*TASK BRIEF*. Repeat only the stretch of lines below that runs from the line with "Result<[u8; 32], Refusal>" through the line with "AgreesWith expect result", unaltered.

#### GIVEN DATA

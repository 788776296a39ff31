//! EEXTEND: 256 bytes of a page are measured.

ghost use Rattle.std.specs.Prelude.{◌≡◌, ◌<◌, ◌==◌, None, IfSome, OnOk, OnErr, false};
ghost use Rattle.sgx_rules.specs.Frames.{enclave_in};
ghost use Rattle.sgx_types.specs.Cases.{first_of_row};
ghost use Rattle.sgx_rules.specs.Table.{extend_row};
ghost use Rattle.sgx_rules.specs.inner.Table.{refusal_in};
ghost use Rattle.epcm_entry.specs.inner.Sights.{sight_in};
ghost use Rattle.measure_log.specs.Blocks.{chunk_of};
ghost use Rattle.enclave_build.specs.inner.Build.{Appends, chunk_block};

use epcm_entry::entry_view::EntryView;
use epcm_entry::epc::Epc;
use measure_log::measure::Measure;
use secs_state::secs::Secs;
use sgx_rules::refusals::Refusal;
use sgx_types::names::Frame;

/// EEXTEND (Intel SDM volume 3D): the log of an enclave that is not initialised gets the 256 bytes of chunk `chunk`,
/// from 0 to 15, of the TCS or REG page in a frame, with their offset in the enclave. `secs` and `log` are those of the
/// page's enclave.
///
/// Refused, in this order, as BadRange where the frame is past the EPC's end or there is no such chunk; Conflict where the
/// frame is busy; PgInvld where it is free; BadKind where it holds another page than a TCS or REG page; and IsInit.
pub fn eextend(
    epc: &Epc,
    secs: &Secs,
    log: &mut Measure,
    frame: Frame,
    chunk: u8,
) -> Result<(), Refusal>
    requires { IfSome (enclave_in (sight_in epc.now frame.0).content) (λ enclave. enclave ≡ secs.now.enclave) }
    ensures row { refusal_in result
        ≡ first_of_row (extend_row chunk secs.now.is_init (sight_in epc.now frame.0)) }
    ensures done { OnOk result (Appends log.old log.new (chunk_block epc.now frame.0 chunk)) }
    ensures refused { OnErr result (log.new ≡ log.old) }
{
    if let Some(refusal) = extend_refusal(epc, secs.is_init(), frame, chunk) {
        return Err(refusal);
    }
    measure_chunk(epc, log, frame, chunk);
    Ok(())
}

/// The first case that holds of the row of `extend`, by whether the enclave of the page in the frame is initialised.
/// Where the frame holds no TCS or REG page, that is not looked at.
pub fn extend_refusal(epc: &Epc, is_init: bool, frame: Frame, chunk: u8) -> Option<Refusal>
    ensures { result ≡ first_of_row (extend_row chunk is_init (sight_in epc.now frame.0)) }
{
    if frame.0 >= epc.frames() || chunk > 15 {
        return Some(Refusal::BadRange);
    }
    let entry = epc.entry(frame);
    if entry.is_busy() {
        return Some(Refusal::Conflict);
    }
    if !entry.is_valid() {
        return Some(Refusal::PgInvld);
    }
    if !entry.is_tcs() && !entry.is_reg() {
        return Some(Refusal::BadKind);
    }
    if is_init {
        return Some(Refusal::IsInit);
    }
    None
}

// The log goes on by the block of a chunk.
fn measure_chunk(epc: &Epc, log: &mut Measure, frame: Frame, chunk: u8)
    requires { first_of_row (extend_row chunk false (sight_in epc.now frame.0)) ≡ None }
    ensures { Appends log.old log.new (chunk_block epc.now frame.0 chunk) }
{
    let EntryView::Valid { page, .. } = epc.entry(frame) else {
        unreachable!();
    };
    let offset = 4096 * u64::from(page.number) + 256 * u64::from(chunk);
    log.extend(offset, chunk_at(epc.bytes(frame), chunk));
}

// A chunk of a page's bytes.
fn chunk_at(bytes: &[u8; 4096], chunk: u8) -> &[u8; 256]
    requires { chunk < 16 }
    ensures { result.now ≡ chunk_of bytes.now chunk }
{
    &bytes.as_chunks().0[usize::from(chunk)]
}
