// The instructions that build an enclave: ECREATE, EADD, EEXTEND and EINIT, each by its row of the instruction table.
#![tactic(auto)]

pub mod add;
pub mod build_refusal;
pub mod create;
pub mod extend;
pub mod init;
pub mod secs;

########
#### GIVEN DATA

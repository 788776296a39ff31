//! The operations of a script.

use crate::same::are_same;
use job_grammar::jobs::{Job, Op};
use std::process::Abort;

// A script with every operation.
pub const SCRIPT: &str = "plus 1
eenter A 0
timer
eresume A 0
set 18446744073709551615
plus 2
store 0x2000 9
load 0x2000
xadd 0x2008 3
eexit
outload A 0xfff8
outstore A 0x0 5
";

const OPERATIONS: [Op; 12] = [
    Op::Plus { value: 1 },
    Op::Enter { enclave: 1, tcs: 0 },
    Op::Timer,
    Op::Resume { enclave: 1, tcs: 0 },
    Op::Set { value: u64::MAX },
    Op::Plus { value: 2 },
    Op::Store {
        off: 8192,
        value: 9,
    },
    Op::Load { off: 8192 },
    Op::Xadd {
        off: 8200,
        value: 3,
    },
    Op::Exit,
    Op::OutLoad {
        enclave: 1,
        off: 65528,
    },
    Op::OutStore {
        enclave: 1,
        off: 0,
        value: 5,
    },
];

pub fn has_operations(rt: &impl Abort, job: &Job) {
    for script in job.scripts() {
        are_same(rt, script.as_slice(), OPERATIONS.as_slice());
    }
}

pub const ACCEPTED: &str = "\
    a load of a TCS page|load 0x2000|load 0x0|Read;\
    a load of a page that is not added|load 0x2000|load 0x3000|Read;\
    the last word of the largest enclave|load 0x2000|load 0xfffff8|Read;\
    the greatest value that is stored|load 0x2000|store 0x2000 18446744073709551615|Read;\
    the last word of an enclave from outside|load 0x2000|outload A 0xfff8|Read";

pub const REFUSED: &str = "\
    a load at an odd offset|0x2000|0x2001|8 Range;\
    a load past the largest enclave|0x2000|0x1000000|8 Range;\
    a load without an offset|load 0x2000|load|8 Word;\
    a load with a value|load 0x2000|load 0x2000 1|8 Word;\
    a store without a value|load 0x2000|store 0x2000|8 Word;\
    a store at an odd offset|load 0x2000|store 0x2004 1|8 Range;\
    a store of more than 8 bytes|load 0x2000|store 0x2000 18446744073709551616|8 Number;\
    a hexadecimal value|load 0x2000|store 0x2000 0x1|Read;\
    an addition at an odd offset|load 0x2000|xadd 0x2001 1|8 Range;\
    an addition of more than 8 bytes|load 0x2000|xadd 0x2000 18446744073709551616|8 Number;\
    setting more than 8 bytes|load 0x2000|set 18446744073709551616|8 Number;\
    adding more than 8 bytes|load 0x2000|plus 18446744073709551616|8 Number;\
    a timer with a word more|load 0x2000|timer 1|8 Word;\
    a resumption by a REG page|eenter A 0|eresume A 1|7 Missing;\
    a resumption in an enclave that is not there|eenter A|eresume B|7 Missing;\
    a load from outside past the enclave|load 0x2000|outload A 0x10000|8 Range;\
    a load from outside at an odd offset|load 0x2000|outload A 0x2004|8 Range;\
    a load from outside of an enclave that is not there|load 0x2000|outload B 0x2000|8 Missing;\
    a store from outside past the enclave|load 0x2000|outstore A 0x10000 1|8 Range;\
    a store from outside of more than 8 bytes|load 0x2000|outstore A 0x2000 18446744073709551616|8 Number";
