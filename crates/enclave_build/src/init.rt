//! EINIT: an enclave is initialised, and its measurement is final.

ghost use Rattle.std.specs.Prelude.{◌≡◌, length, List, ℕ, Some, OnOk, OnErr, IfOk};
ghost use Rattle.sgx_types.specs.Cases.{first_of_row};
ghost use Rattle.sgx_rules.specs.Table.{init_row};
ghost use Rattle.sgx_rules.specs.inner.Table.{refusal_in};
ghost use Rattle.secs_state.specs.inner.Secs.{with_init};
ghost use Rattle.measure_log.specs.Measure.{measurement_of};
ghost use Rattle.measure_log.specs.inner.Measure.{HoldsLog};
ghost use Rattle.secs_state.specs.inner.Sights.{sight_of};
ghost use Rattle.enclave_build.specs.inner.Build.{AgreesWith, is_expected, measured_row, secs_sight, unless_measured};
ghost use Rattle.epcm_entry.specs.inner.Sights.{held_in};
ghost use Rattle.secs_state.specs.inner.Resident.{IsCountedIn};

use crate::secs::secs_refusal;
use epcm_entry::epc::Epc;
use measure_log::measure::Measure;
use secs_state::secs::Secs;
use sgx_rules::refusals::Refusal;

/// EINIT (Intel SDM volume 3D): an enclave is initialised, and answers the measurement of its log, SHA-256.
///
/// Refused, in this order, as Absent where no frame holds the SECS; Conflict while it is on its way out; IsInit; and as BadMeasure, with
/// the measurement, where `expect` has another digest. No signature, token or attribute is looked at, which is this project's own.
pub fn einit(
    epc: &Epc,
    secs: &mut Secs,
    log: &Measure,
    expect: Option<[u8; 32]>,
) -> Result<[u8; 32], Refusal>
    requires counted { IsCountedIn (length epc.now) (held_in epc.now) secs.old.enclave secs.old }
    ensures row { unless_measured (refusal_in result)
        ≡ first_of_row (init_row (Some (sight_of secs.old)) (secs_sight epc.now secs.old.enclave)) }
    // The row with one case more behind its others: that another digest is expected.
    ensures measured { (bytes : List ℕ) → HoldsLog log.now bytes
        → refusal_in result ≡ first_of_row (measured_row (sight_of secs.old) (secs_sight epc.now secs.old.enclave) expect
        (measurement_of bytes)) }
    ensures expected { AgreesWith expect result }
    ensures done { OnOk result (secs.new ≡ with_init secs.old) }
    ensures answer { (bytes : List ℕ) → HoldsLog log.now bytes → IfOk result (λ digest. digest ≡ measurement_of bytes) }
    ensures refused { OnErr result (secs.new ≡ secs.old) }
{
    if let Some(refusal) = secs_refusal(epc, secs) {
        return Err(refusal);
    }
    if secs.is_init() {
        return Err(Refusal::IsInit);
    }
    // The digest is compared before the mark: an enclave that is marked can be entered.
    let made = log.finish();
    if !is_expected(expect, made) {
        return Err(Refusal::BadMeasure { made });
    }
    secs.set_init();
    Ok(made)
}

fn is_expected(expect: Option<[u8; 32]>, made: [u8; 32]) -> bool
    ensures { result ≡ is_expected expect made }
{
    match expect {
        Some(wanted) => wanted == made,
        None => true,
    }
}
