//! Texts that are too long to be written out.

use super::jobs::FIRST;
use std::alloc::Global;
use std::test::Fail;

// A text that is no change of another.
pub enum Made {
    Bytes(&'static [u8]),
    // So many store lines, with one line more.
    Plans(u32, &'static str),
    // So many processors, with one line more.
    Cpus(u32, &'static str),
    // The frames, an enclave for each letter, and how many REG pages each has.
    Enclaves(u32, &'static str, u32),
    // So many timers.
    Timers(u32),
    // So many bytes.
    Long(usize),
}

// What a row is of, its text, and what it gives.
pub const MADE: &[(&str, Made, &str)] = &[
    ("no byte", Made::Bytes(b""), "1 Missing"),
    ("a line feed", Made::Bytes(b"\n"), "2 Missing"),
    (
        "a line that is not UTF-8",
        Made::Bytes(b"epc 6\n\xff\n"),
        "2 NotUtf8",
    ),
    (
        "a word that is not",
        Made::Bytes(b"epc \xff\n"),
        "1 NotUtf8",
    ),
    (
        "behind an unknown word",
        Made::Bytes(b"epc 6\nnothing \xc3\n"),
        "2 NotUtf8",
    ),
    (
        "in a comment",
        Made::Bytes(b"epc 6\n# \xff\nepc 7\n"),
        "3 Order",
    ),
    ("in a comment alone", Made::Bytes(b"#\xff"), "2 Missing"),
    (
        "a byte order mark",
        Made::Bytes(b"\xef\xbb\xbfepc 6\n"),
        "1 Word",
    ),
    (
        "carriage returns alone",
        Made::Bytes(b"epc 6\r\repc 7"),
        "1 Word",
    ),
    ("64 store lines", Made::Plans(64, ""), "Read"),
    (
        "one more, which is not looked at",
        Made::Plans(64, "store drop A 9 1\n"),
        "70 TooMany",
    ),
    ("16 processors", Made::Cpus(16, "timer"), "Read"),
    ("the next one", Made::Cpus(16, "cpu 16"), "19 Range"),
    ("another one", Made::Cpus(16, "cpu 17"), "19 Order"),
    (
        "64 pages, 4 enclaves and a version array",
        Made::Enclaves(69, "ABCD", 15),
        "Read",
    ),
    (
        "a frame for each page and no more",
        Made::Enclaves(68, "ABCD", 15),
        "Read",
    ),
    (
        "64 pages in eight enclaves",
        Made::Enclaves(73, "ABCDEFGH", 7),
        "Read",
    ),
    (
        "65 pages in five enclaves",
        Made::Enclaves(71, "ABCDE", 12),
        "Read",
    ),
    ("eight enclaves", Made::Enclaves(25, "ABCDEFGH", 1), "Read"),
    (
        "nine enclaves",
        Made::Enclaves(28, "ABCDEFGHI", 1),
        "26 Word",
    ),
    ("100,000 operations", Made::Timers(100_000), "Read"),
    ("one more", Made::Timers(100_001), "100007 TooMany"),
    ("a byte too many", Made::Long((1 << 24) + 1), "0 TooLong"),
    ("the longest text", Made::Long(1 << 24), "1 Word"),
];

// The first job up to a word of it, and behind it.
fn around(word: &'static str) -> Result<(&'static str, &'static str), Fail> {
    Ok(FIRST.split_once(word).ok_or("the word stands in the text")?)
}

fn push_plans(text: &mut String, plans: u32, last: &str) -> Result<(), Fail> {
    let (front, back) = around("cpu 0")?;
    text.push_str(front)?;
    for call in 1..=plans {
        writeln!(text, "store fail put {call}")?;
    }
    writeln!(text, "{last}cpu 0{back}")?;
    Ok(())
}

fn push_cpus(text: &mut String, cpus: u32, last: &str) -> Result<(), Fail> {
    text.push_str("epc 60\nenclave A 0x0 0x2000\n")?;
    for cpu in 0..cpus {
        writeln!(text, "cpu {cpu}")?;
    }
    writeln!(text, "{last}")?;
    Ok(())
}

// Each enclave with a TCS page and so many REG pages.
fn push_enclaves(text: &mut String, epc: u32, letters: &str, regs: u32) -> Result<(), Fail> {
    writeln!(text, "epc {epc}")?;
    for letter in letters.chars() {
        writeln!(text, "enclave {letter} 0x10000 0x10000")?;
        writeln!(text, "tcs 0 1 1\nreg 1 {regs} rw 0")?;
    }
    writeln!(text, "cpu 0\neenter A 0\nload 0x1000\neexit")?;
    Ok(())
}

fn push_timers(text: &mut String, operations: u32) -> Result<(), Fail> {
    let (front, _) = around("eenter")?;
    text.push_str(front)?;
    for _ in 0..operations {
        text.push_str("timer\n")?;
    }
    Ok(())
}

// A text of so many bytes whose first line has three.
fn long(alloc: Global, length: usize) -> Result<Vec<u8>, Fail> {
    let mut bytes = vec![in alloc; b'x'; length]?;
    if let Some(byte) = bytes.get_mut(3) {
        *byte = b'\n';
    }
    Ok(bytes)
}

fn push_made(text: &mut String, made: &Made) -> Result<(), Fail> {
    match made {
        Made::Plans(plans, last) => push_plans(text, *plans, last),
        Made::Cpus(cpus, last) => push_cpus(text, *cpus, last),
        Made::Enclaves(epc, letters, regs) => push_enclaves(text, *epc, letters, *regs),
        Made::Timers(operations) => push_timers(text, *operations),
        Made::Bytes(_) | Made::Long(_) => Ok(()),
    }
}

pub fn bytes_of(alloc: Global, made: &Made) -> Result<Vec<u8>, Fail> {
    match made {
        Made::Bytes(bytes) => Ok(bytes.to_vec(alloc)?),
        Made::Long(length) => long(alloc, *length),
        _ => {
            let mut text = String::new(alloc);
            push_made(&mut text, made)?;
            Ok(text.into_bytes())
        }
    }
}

########

*RESULT OF THE TASK*.
) -> Result<[u8; 32], Refusal>
    requires counted { IsCountedIn (length epc.now) (held_in epc.now) secs.old.enclave secs.old }
    ensures row { unless_measured (refusal_in result)
        ≡ first_of_row (init_row (Some (sight_of secs.old)) (secs_sight epc.now secs.old.enclave)) }
    // The row with one case more behind its others: that another digest is expected.
    ensures measured { (bytes : List ℕ) → HoldsLog log.now bytes
        → refusal_in result ≡ first_of_row (measured_row (sight_of secs.old) (secs_sight epc.now secs.old.enclave) expect
        (measurement_of bytes)) }
    ensures expected { AgreesWith expect result }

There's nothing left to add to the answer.